Chance of miscarriage, ectopic pregnancy, and stillbirth from Danish data for the years 1978-1992 derived from Nybo Andersen-2000
Age group | Chance of Miscarriage (%) | Chance of Ectopic Pregnancy (%) | Chance of Stillbirth (%) |
---|---|---|---|
less than 20 | 10.6% | 1.6% | 0.4% |
20-24 | 8.9% | 1.5% | 0.4% |
25-29 | 9.5% | 2.0% | 0.4% |
30-34 | 12.0% | 3.1% | 0.4% |
35-39 | 19.7% | 4.6% | 0.4% |
40-44 | 40.8% | 6.3% | 0.4% |
45+ | 74.7% | 7.9% | 0.1% |
This table clearly shows that the most ideal age range for a woman to have children is in her 20's. Increasing maternal age is strongly associated with increased chance of miscarriage or ectopic pregnancy. Factors other than age predisposing to miscarriage are:
This brings us to the subject of the chance of giving birth to an abnormal baby, otherwise termed a baby with a birth defect. The chances of giving birth to a baby with a birth defect in different parts of the world are given in the table below. As with the chances of miscarriage, the most optimal age range for any woman to have a baby is in her 20's.

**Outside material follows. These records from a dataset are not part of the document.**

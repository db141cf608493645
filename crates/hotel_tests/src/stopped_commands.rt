//! Commands of which each call of the books fails in turn, for each cause, and which are then asked for again.
use crate::asked_commands::{Asked, COMMANDS, NOTES, REFUSALS};
use crate::causes::{CAUSES, counts, counts_of, refusal_of, stopping};
use hotel_scenarios::desks::Desk;
use hotel_scenarios::rooms_now::RoomNow;
use keycard_rules::LookFault;
use std::alloc::Global;
use std::process::Abort;
use std::test::Fail;
use stopping_books::StoppingBooks;

impl Asked {
    /// The desk without so many of the words that the command examines, and the answer there.
    fn desk(&self, alloc: Global, gone: usize) -> Result<(Desk, &'static [u8]), Fail> {
        let (codes, answer) = *self.answers.get(gone).ok_or("an answer")?;
        let desk = Desk::behind(alloc, codes, self.parts)?;
        Ok((desk, answer))
    }
}

/// The command is asked for, and is answered so, by so many calls of the books.
fn is_answered<A: Abort>(
    rt: &A,
    desk: &mut Desk<StoppingBooks>,
    line: &[u8],
    answer: &[u8],
    calls: u64,
) -> Result<(), Fail> {
    let before = desk.books.calls();
    assert!(rt; desk.answers(line, answer)?);
    assert!(rt; desk.books.calls() == before.saturating_add(calls));
    Ok(())
}

/// The command is answered, and changes the rows, as on a desk that lacks so many words and on which nothing failed.
fn goes_on(
    rt: &(impl Abort + AllocGlobal),
    asked: &Asked,
    desk: &mut Desk<StoppingBooks>,
    gone: usize,
) -> Result<(), Fail> {
    let (mut other, answer) = asked.desk(rt.alloc(), gone)?;
    let calls = asked.calls.len() as u64;
    is_answered(rt, desk, asked.line, answer, calls)?;
    assert!(rt; other.answers(asked.line, answer)?);
    let wanted = RoomNow::of(rt.alloc(), &mut other.books)?;
    assert!(rt; RoomNow::of(rt.alloc(), &mut desk.books)? == wanted);
    Ok(())
}

/// The call of this number fails for this cause: the command is refused so, changes nothing, and makes no further call.
/// The failure is counted once, and the command that is asked for again goes on as if nothing had been.
fn fails_at(
    rt: &(impl Abort + AllocGlobal),
    asked: &Asked,
    call: u64,
    gone: usize,
    cause: LookFault,
) -> Result<(), Fail> {
    let (mut desk, _) = asked.desk(rt.alloc(), 0)?;
    let before = RoomNow::of(rt.alloc(), &mut desk.books)?;
    let mut desk = stopping(desk, call, cause);
    is_answered(rt, &mut desk, asked.line, refusal_of(cause), call)?;
    assert!(rt; RoomNow::of(rt.alloc(), &mut desk.books)? == before);
    goes_on(rt, asked, &mut desk, gone)?;
    assert!(rt; counts(&desk.books) == counts_of(Some(cause)));
    Ok(())
}

/// Each call of the command fails in turn, for each cause.
fn fails_in_turn(rt: &(impl Abort + AllocGlobal), asked: &Asked) -> Result<(), Fail> {
    let mut call = 0u64;
    for (_, gone) in asked.calls {
        call = call.saturating_add(1);
        for cause in CAUSES {
            fails_at(rt, asked, call, *gone, cause)?;
        }
    }
    Ok(())
}

#[test]
fn each_call_of_a_command_fails(rt: HostRuntime) -> Result<(), Fail> {
    for asked in COMMANDS {
        fails_in_turn(&rt, asked)?;
    }
    Ok(())
}

#[test]
fn each_call_of_a_note_fails(rt: HostRuntime) -> Result<(), Fail> {
    for asked in NOTES {
        fails_in_turn(&rt, asked)?;
    }
    Ok(())
}

#[test]
fn each_call_of_a_refusal_fails(rt: HostRuntime) -> Result<(), Fail> {
    for asked in REFUSALS {
        fails_in_turn(&rt, asked)?;
    }
    Ok(())
}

Age group | % Birth Defects (Victoria 1983-1998) | % Birth Defects (Singapore 1994-2000) | % Birth Defects (Dallas-USA 1988-1994) |
---|---|---|---|
less than 20 | 3.5% | 2.8% | 3.5-3.7% |
20-24 | 3.2% | 2.3% | 3.5% |
25-29 | 3.3% | 1.6% | 3.9% |
30-34 | 3.4% | 2.2% | 3.9% |
35-39 | 4.2% | 3.2% | 4.4% |
40+ | 6.2% | 5.3% | 5.0% |
Most women working in the stressful environment of operating theaters are younger women in their reproductive years. The tables above clearly show there is about a 10% chance of miscarriage and a 3% chance of giving birth to a child with a birth deficit in the general populations of countries distributed across the world. These figures are significant. They mean that in any operating theater complex where many women work, one or more of these women will certainly experience a miscarriage or give birth to a child with a birth defect, even if there is no pollution of the air with trace concentrations of waste anesthetic gases.
So what is the current state of knowledge regarding the effects of trace concentrations of anesthetic gases? Careful analyses of all studies reveals there is no relationship between the presence of trace concentrations of waste anesthetic gases and abnormal health in people working in operating theaters. There is no increased chance of miscarriage, or of giving birth to babies with birth defects by women working in operating theaters, nor in the female partners of men working in operating theaters. In fact, careful review of studies performed during the 1970's reveal them to be flawed, and subsequent studies fail to show any relationship between cancer, liver and kidney disease, and disturbances of pregnancy related to trace concentrations of waste anesthetic gases (McGregor 2000).
Trace concentrations of anesthetic gases in the atmosphere of operating theaters have no known adverse effects on general health or pregnancy. Nonetheless, it is always better to limit exposure of trace concentrations of anesthetic gases to low concentrations you know are low, rather than take the chance of health problems due to unknown concentrations of these same anesthetic gases. For this reason, many countries have instituted, and enforce, strict regulations for acceptable levels of trace concentrations of waste anesthetic gases in operating theaters (McGregor 2000a, Mazze 1985). This is simply good workplace practice to ensure the health and wellbeing of all working there.